You will also need the game simulator. Download this jar file, which has the simulator and related classes. When you unpack, you can run PrisonerGame, which will bring up a frame. To run the simulator:

In the "Game-type" menu, set the game type to 2-player (We'll describe the 3-player version later).
In the "File" menu, load your players.
Then, click "Reset".
You can then play games by repeatedly clicking "Play one round". Alternatively, you can click "Go" and watch the scores updated as games are played automatically.
You increase/decrease the number of rounds played by entering an integer in the textfield and clicking on "Change rounds".

At this point, you have enough to start implement your 2-player strategies. If you like, you may examine the code in PrisonerGame.java to see how the rounds are conducted. Essentially one tournament round consists of every player playing every other player exactly once. Then, this is repeated for each round for as many rounds are there are.
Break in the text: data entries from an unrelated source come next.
// The same calls on a decoded column, once and so many times.
ghost use Rattle.std.specs.Prelude.{◌≡◌, ◌≤◌, IsTrue, is_some, length};
ghost use Rattle.vortex_buffer.specs.Mask.{mask_bits};
ghost use Rattle.vortex_array.specs.ColumnOf.{column_of};
ghost use Rattle.vortex_array_kinds.specs.StringValues.{is_text_type};
ghost use Rattle.vortex_array_select.specs.Selected.{NamesRows};
ghost use Rattle.vortex_array_types.specs.Typed.{same_apart_from_nullability};

use crate::repeating::is_text;
use crate::telling::{Told, told_answers, told_extremes, told_of};
use std::alloc::{AllocError, Global};
use vortex_array::{Array, CompareOperator, DType, Scalar};
use vortex_buffer::Mask;

// Row by row whether the column is below a constant.
fn below_once(alloc: Global, rows: &Array, bound: &Array) -> Result<Told, AllocError>
    requires same_length { length (column_of rows.now).rows ≡ length (column_of bound.now).rows }
    requires same_type { IsTrue (same_apart_from_nullability (column_of rows.now).dtype (column_of bound.now).dtype) }
{
    match rows.compare(alloc, bound, CompareOperator::Lt) {
        Ok(answers) => told_answers(alloc, &answers),
        Err(e) => Err(e),
    }
}

/// Row by row whether the column is below a constant.
pub fn below_in_column(
    alloc: Global,
    rows: &Array,
    bound: &Array,
    times: usize,
) -> Result<Told, AllocError> {
    if rows.len() != bound.len() {
        return Err(AllocError);
    }
    if !rows.dtype().same_apart_from_nullability(&bound.dtype()) {
        return Err(AllocError);
    }
    let mut told = below_once(alloc, rows, bound)?;
    for _ in 1..times {
        told = below_once(alloc, rows, bound)?;
    }
    Ok(told)
}

// Row by row whether the text matches the pattern.
fn like_once(alloc: Global, texts: &Array, patterns: &Array) -> Result<Told, AllocError>
    requires same_length { length (column_of texts.now).rows ≡ length (column_of patterns.now).rows }
    requires texts { IsTrue (is_text_type (column_of texts.now).dtype) }
    requires patterns { IsTrue (is_text_type (column_of patterns.now).dtype) }
{
    match texts.like(alloc, patterns) {
        Ok(answers) => told_answers(alloc, &answers),
        Err(e) => Err(e),
    }
}

/// Row by row whether the text matches the pattern.
pub fn like_in_column(
    alloc: Global,
    texts: &Array,
    patterns: &Array,
    times: usize,
) -> Result<Told, AllocError> {
    if texts.len() != patterns.len() {
        return Err(AllocError);
    }
    if !is_text(texts.dtype()) || !is_text(patterns.dtype()) {
        return Err(AllocError);
    }
    let mut told = like_once(alloc, texts, patterns)?;
    for _ in 1..times {
        told = like_once(alloc, texts, patterns)?;
    }
    Ok(told)
}

// The rows that the mask keeps.
fn filter_once(alloc: Global, rows: &Array, mask: &Mask) -> Result<Told, AllocError>
    requires { length (mask_bits mask.now) ≡ length (column_of rows.now).rows }
{
    match rows.filter(alloc, mask) {
        Ok(kept) => Ok(told_of(&kept)),
        Err(e) => Err(e),
    }
}

/// The rows that the mask keeps.
pub fn filter_in_column(
    alloc: Global,
    rows: &Array,
    mask: &Mask,
    times: usize,
) -> Result<Told, AllocError> {
    if rows.len() != mask.len() {
        return Err(AllocError);
    }
    let mut told = filter_once(alloc, rows, mask)?;
    for _ in 1..times {
        told = filter_once(alloc, rows, mask)?;
    }
    Ok(told)
}

// The rows at the places.
fn take_once(alloc: Global, rows: &Array, places: &Array) -> Result<Told, AllocError>
    requires { NamesRows (column_of places.now) (length (column_of rows.now).rows) }
{
    match rows.take(alloc, places) {
        Ok(part) => Ok(told_of(&part)),
        Err(e) => Err(e),
    }
}

/// The rows at the places.
pub fn take_in_column(
    alloc: Global,
    rows: &Array,
    places: &Array,
    times: usize,
) -> Result<Told, AllocError> {
    if !places.names_rows(rows.len()) {
        return Err(AllocError);
    }
    let mut told = take_once(alloc, rows, places)?;
    for _ in 1..times {
        told = take_once(alloc, rows, places)?;
    }
    Ok(told)
}

// The rows from one place up to another.
fn slice_once(alloc: Global, rows: &Array, start: usize, end: usize) -> Result<Told, AllocError>
    requires order { start ≤ end }
    requires within { end ≤ length (column_of rows.now).rows }
{
    match rows.slice(alloc, start..end) {
        Ok(part) => Ok(told_of(&part)),
        Err(e) => Err(e),
    }
}

/// The rows from one place up to another.
pub fn slice_in_column(
    alloc: Global,
    rows: &Array,
    start: usize,
    end: usize,
    times: usize,
) -> Result<Told, AllocError> {
    if start > end || end > rows.len() {
        return Err(AllocError);
    }
    let mut told = slice_once(alloc, rows, start, end)?;
    for _ in 1..times {
        told = slice_once(alloc, rows, start, end)?;
    }
    Ok(told)
}

// The rows, of a type. A refusal is told as want of memory.
fn cast_once(alloc: Global, rows: &Array, dtype: &DType) -> Result<Told, AllocError> {
    match rows.cast(alloc, dtype) {
        Ok(rows) => Ok(told_of(&rows)),
        Err(_) => Err(AllocError),
    }
}

/// The rows, of a type.
pub fn cast_in_column(
    alloc: Global,
    rows: &Array,
    dtype: &DType,
    times: usize,
) -> Result<Told, AllocError> {
    let mut told = cast_once(alloc, rows, dtype)?;
    for _ in 1..times {
        told = cast_once(alloc, rows, dtype)?;
    }
    Ok(told)
}

// The rows, and the fill in the place of nulls.
fn fill_once(alloc: Global, rows: &Array, fill: &Scalar) -> Result<Told, AllocError>
    requires value { IsTrue (is_some fill.now.value) }
    requires same_type { IsTrue (same_apart_from_nullability (column_of rows.now).dtype fill.now.dtype) }
{
    match rows.fill_null(alloc, fill) {
        Ok(rows) => Ok(told_of(&rows)),
        Err(e) => Err(e),
    }
}

/// The rows, and the fill in the place of nulls.
pub fn fill_in_column(
    alloc: Global,
    rows: &Array,
    fill: &Scalar,
    times: usize,
) -> Result<Told, AllocError> {
    if fill.is_null() {
        return Err(AllocError);
    }
    if !rows.dtype().same_apart_from_nullability(&fill.dtype()) {
        return Err(AllocError);
    }
    let mut told = fill_once(alloc, rows, fill)?;
    for _ in 1..times {
        told = fill_once(alloc, rows, fill)?;
    }
    Ok(told)
}

// The least and the greatest row.
fn extremes_once(alloc: Global, rows: &Array) -> Result<Told, AllocError> {
    match rows.min_max(alloc) {
        Ok(found) => Ok(told_extremes(rows.len(), &found)),
        Err(e) => Err(e),
    }
}

/// The least and the greatest row.
pub fn extremes_in_column(alloc: Global, rows: &Array, times: usize) -> Result<Told, AllocError> {
    let mut told = extremes_once(alloc, rows)?;
    for _ in 1..times {
        told = extremes_once(alloc, rows)?;
    }
    Ok(told)
}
Finally, let's describe the 3-person game:

A 3-person game is played as follows. Each game has three players called, say, A, B and C. All three players make their "move" (which is either 0 or 1). Then, each player receives a payoff.

Thus, there are 8 combinations of moves:

       0 0 0     All three betray.
       0 0 1     Only C is silent.
       0 1 0     Only B is silent.
       0 1 1     Only A betrays.
       1 0 0     Only A is silent.
       1 0 1     Only B betrays.
       1 1 0     Only C betrays.
       1 1 1     All three betray.

There are two variations of the 3-person game: the majority 3-person game and the minority 3-person game, and thus two different payoff matrices.

Let's consider the payoff matrix for the minority game first, assuming the "loot" is $6 million.

       0 0 0     A,B,C all get $0
       0 0 1     A and B escape and share ($3 each), C gets $0
       0 1 0     A and C get $3 each, B gets $0
       0 1 1     A escapes and gets $6, whereas B and C get $0
       1 0 0     A gets $0, B and C get $3 each
       1 0 1     B gets $6, A and C get $0
       1 1 0     C gets $6, A and B get $0
       1 1 1     All escape and get $2 each.

Thus, in Java, we will represent the above payoff matrix as follows:

  public static final int[][] THREE_PLAYER_MINORITY = {
	{0,0,0, 0,0,0 },
	{0,0,1, 3,3,0 },
	{0,1,0, 3,0,3 },
	{0,1,1, 6,0,0 },
	{1,0,0, 0,3,3 },
	{1,0,1, 0,6,0 },
	{1,1,0, 0,0,6 },
	{1,1,1, 2,2,2 }
    };

Notice that in the minority game, each player can win a lot by being in the minority. In other words, this variation corresponds to a higher standard of evidence required by the police. If we instead only require majority concurrence (go with the majority), we get a slightly different payoff matrix:
```
  public static final int[][] THREE_PLAYER_MAJORITY = {
	{0,0,0, 0,0,0 },
	{0,0,1, 3,3,0 },
	{0,1,0, 3,0,3 },
	{0,1,1, 0,3,3 },
	{1,0,0, 0,3,3 },
	{1,0,1, 3,0,3 },
	{1,1,0, 3,3,0 },
	{1,1,1, 2,2,2 }
    };
    
```

Thus, depending on the game-type, you will get one of three matrices when the simulator calls your playGame method.

What to submit:

Your source code for your two strategies, appropriately named. Note that each class must implement all the methods, and must contain code for both 2-person and 3-person games. Do NOT use separate files for 2-person and 3-person games.
Results (on paper) of playing your strategies against each other.

We will find some time in class to play the full competition. It should be exciting.